Training on the full data set takes quite a while. Let's train on a subset of the data initially.

In [91]:
fourgram = NGramsTree(4)
%time fourgram.fit(sentences[:100000])

  


Wall time: 1min 39s


In [93]:
for i in range(5):
    print_model_sentence(fourgram.generate_sentence(sentence = ['<BOS>']))

Så svårt när man måste duscha är fasen ingen hit , är lite less på det just <NAMN> så var knappast utvilad när klockan ringde
Broccoli gratinerades med cheddarost med <NAMN> ( på en trestjärnig lyxkrog där dagens kostar <NAMN> förstås ! )
älskar dem !
Så här sitter jag o drar på , medans det i själva verket släppta till media av personer som är upprörda över hur verket hanterar jämställdhetsfrågorna
Vi har installerat oss på hotellet , shoppat en del , men det var det inte en enda minut man inte log


In [89]:
fivegram = NGramsTree(5)
%time fivegram.fit(sentences[:100000])

  


Wall time: 27.4 s


In [90]:
for i in range(5):
    print_model_sentence(fivegram.generate_sentence(sentence = ['<BOS>']))

Inte helt sällan går det flera resor i hopp om att näshåren skulle råka filtrera bort lite sjuka men så ren som min näsa är efter 10 månaders beroende så ja , om <NAMN> kommer jag ligga och beklaga mig över en extrem förkylning eller svininfluensa som jag kommer kalla det ( lika bra att varna er liksom , kommer kräva några dussin " tyck-synd-om-mig kommentarer ) En till grej på bussen jag störde mig på var den sjuka brudens kompis som gick på <NAMN>
Jag vet inte hur det är hos er som är utspridda i landet , i världen … Men HÄR , precis HÄR i <NAMN> är i allafall julen på väg
Amor <NAMN> hade lekstuga de luxe på sin vänsterkant innan han klev av efter känningar i ryggen
All kunskap från mannen bakom <NAMN> Om <NAMN> är grundare av Moderskeppet
Det var en fin kväll med andra ord


Cool, the sentences have a nice flow but often derail.

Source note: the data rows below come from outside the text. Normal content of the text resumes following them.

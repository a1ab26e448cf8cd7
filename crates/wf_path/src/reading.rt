//! The transmissions of an open exchange, without their octets.

ghost use Rattle.std.specs.Prelude.{◌≡◌, ◌<◌, ◌==◌, ℕ, [], find, option_map};
ghost use Rattle.wf_frame.specs.Frames.{FrameValue};
ghost use Rattle.wf_def_lists.specs.Table.{has};
ghost use Rattle.wf_def_world.specs.Refusals.{exchange_has};
ghost use Rattle.wf_def_world.specs.World.{World, exchange as exchange_in};
ghost use Rattle.wf_law_runs.specs.Delivery.{is_batch};
ghost use Rattle.wf_send_half.specs.Half.{IsLive};
ghost use Rattle.wf_send_half_model.specs.Standing.{StandsFor};
ghost use Rattle.wf_path.specs.Heard.{AreNumbersNear, offsets_at, shown_at};
ghost use Rattle.wf_path.specs.Transmissions.{sent_of, id_sent, tag_sent, bare_sent, start_on_air, start_announced};

use crate::Path;
use crate::flights::frame_of;
use wf_octets::bits::Bits256;
use wf_octets::seq12::Seq12;
use wf_send_parts::exchanges::{Numbers, Sending};

/// The transmissions of an open exchange.
#[derive(Clone, Copy, Debug, PartialEq, Eq)]
pub struct Sent {
    /// The station that receives them.
    pub station: u16,
    /// The traffic identifier, 0 to 7.
    pub tid: u8,
    /// Their number: one for each frame, or 1 for a BlockAckReq.
    pub count: u16,
    /// Whether the exchange sends a BlockAckReq (IEEE 802.11-2012, 8.3.1.8).
    pub request: bool,
}

/// Returns the distances from `first` of the numbers with these indices.
fn offsets_of(first: Seq12, numbers: &Numbers, indices: &Bits256) -> Bits256
    requires near { AreNumbersNear first numbers.now }
    ensures { result ≡ offsets_at first [] 0 numbers.now indices.now }
{
    let mut offsets = Bits256::empty();
    for i in 0..numbers.len() {
        if indices.has(i as u16) {
            offsets.set(numbers.at(i).ahead(first));
        }
    }
    offsets
}

impl Path {
    /// Returns the station and the TID of an open exchange, and how many transmissions it has. None if the
    /// exchange is not open.
    pub fn sent(&self, exchange: u64) -> Option<Sent>
        ensures { (w : World) (bodies : ℕ → FrameValue) → StandsFor self.now.half w bodies →
            result ≡ option_map sent_of (exchange_in w exchange) }
    {
        let open = self.half.exchange(exchange)?;
        Some(Sent {
            station: open.station,
            tid: open.tid,
            count: open.count(),
            request: open.is_request(),
        })
    }

    /// Returns whether an exchange is open and is a batch: the station's device numbers, aggregates and
    /// repeats its frames.
    pub fn is_batch(&self, exchange: u64) -> bool
        ensures { (w : World) (bodies : ℕ → FrameValue) → StandsFor self.now.half w bodies →
            result ≡ is_batch (exchange_in w exchange) }
    {
        match self.half.exchange(exchange) {
            Some(open) => open.batch,
            None => false,
        }
    }

    /// Returns the BlockAck that shows exactly the numbers of these transmissions of an open exchange, by
    /// their indices. None if there are none, if the exchange sends a BlockAckReq, or if it is not open.
    pub fn shown_at(&self, exchange: u64, indices: &Bits256) -> Option<(Seq12, Bits256)>
        ensures { result ≡ shown_at (find (λ x. x.number == exchange) self.now.half.opened) indices.now }
    {
        let open = self.half.exchange(exchange)?;
        match &open.sending {
            Sending::Data(numbers) if indices.count() != 0 && numbers.len() != 0 => {
                let first = numbers.at(0);
                Some((first, offsets_of(first, numbers, indices)))
            }
            _ => None,
        }
    }

    /// Returns whether an exchange is open and is plain: it sends one frame without an agreement, which an
    /// Ack answers.
    pub fn is_plain(&self, exchange: u64) -> bool
        ensures { (w : World) (bodies : ℕ → FrameValue) → StandsFor self.now.half w bodies →
            result ≡ exchange_has (exchange_in w exchange) (λ x. x.plain) }
    {
        match self.half.exchange(exchange) {
            Some(open) => open.plain,
            None => false,
        }
    }

    /// Returns the start of the window of a live station's TID, 0 to 7 (WinStartO; IEEE 802.11-2012,
    /// 9.21.7.2): the first number that is not settled.
    pub fn start_of(&self, station: u16, tid: u8) -> Seq12
        requires live { IsLive self.now.half station }
        requires tid { tid < 8 }
        ensures { (w : World) (bodies : ℕ → FrameValue) → StandsFor self.now.half w bodies →
            result ≡ start_on_air w station tid }
    {
        self.half.window(station, tid).start()
    }

    /// Returns the start of a TID's window, 0 to 7, that its receiver has without a BlockAckReq: the TID has
    /// no agreement. The device of an offloaded station announces the start of the window to its peer; a
    /// receiver of single frames takes each of them. None if the station is not live or the TID has an
    /// agreement.
    pub fn start_announced(&self, station: u16, tid: u8) -> Option<Seq12>
        requires { tid < 8 }
        ensures { (w : World) (bodies : ℕ → FrameValue) → StandsFor self.now.half w bodies →
            result ≡ start_announced w station tid }
    {
        if !self.live(station) || self.half.mode(station, tid).is_agreed() {
            None
        } else {
            Some(self.start_of(station, tid))
        }
    }

    /// Returns whether a transmission of an open exchange never went on the air, as the call Unsent says.
    /// `index` counts the transmissions from 0, and is at most 255. False if the exchange is not open.
    pub fn is_unsent(&self, exchange: u64, index: u16) -> bool
        requires { index < 256 }
        ensures { (w : World) (bodies : ℕ → FrameValue) → StandsFor self.now.half w bodies →
            result ≡ exchange_has (exchange_in w exchange) (λ x. has x.unsent index) }
    {
        match self.half.exchange(exchange) {
            Some(open) => open.unsent.has(index),
            None => false,
        }
    }

    /// Returns the id of the frame of a transmission. None if the exchange is not open, is a request, or has
    /// no transmission of that index.
    pub fn frame_id(&self, exchange: u64, index: u16) -> Option<u64>
        ensures { (w : World) (bodies : ℕ → FrameValue) → StandsFor self.now.half w bodies →
            result ≡ id_sent w exchange index }
    {
        let open = self.half.exchange(exchange)?;
        let seq = open.number_at(index)?;
        Some(frame_of(&self.half, open, index, seq).id)
    }

    /// Returns the tag of the frame of a transmission, by which its owner finds it again. None exactly if
    /// `frame_id` is None.
    pub fn frame_tag(&self, exchange: u64, index: u16) -> Option<u64>
        ensures { (w : World) (bodies : ℕ → FrameValue) → StandsFor self.now.half w bodies →
            result ≡ tag_sent w bodies exchange index }
    {
        let open = self.half.exchange(exchange)?;
        let seq = open.number_at(index)?;
        Some(frame_of(&self.half, open, index, seq).tag())
    }

    /// Returns whether the frame of a transmission is bare: only its owner has its octets. None exactly if
    /// `frame_id` is None.
    pub fn frame_is_bare(&self, exchange: u64, index: u16) -> Option<bool>
        ensures { (w : World) (bodies : ℕ → FrameValue) → StandsFor self.now.half w bodies →
            result ≡ bare_sent w bodies exchange index }
    {
        let open = self.half.exchange(exchange)?;
        let seq = open.number_at(index)?;
        Some(frame_of(&self.half, open, index, seq).is_bare())
    }
}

More so in the case of 4-grams than 5-grams, which still often look to be stolen straight from the blogs.

To tackle this I will add some kind of probability of choosing words present in a shorter context. Ideally this should be done with a proper backoff model, but as the day of the big "Skitsnack" is drawign closer I will probably just implement some quasi rational solution.